ABOUT THIS TASK: Read each of the lines below and tally those with "blocks"; the tally is the whole answer.

(Stored items)
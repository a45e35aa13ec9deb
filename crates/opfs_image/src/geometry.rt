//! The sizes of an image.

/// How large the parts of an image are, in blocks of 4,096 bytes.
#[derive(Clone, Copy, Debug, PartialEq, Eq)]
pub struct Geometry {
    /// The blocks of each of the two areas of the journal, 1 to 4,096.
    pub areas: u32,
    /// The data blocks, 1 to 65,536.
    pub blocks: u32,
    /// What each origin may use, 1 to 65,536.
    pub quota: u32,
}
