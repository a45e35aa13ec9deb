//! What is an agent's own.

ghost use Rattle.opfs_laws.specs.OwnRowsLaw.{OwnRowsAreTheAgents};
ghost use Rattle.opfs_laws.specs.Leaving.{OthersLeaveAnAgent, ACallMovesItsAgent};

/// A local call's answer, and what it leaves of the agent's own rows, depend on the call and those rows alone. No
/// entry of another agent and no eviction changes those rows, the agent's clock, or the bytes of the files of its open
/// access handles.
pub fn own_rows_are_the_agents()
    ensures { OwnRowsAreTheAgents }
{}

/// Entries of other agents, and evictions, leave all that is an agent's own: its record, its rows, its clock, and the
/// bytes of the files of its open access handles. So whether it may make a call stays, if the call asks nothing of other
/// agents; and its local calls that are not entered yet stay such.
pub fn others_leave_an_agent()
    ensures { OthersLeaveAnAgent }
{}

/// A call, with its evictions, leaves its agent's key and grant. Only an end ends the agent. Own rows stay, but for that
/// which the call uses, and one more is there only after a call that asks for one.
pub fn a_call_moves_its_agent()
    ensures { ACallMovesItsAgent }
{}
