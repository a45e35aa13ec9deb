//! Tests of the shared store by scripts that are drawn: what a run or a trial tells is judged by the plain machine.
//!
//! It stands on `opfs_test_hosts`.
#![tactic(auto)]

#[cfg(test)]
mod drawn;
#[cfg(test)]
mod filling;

---

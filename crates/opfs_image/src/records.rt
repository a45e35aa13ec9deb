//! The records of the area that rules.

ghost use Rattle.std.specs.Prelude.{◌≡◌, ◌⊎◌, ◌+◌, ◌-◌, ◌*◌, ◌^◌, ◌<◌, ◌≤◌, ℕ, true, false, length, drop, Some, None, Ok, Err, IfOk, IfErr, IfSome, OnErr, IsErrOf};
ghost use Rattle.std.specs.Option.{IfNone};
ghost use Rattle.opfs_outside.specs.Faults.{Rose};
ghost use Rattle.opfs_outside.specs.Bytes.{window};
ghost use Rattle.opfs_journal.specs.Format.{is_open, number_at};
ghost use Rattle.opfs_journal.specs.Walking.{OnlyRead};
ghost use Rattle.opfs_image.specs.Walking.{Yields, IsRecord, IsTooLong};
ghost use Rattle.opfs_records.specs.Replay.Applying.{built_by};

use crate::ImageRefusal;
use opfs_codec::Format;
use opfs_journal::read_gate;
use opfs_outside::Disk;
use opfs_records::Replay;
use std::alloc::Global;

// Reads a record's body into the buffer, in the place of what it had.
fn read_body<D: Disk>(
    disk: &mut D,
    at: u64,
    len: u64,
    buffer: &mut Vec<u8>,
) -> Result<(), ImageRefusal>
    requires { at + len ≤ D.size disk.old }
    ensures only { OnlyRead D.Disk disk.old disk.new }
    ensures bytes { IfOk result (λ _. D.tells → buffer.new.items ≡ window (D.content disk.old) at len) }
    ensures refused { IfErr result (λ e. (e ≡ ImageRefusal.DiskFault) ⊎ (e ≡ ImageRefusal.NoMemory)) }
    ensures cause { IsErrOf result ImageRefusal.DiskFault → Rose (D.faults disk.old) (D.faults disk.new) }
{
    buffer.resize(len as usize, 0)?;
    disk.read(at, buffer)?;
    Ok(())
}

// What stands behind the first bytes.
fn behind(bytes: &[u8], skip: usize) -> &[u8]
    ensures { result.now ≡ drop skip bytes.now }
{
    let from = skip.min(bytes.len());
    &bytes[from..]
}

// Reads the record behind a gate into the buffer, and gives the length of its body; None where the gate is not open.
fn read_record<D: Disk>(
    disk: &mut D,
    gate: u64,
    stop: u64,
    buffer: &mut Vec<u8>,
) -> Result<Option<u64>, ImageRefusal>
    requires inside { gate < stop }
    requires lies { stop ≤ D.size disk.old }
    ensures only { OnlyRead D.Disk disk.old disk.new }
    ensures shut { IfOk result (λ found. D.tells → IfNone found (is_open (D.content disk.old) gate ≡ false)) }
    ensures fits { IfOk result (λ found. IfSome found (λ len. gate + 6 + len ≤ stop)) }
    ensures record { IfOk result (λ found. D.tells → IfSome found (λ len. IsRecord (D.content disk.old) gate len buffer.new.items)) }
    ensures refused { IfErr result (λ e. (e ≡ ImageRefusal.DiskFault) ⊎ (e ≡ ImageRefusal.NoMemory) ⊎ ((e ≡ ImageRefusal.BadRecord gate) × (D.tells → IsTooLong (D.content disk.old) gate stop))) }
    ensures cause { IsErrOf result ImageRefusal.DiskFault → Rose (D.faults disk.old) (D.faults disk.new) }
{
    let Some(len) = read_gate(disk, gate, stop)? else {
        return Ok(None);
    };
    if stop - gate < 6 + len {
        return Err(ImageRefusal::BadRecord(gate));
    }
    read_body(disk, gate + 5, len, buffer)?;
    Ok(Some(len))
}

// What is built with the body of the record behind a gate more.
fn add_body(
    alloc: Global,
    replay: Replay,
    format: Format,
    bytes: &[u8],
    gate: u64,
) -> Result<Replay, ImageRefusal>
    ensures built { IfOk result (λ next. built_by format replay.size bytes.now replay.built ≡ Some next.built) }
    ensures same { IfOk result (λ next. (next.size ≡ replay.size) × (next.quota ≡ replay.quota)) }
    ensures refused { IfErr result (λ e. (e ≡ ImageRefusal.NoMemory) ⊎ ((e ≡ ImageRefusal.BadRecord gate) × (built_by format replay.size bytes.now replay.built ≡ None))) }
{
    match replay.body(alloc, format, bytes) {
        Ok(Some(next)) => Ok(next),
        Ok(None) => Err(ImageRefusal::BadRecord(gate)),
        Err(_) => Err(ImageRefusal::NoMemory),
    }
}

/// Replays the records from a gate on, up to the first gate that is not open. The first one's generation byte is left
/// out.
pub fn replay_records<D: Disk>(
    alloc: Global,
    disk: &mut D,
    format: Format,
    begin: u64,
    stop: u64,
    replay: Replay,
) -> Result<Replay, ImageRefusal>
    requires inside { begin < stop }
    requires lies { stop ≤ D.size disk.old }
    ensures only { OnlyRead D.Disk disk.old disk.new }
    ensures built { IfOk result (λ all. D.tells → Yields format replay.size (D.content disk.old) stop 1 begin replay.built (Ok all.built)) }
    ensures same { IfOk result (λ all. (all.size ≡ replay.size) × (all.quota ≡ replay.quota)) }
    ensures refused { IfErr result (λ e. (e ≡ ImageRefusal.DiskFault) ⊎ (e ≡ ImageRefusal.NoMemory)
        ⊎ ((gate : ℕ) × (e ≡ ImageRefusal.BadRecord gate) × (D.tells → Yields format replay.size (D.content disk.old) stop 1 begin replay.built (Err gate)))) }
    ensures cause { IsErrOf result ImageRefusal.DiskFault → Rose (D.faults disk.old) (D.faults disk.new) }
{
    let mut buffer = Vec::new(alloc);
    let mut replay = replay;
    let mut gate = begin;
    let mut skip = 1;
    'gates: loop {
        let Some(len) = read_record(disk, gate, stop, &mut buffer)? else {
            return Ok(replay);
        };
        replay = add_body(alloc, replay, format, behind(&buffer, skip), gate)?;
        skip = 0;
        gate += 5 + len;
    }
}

YOUR RESPONSE: 4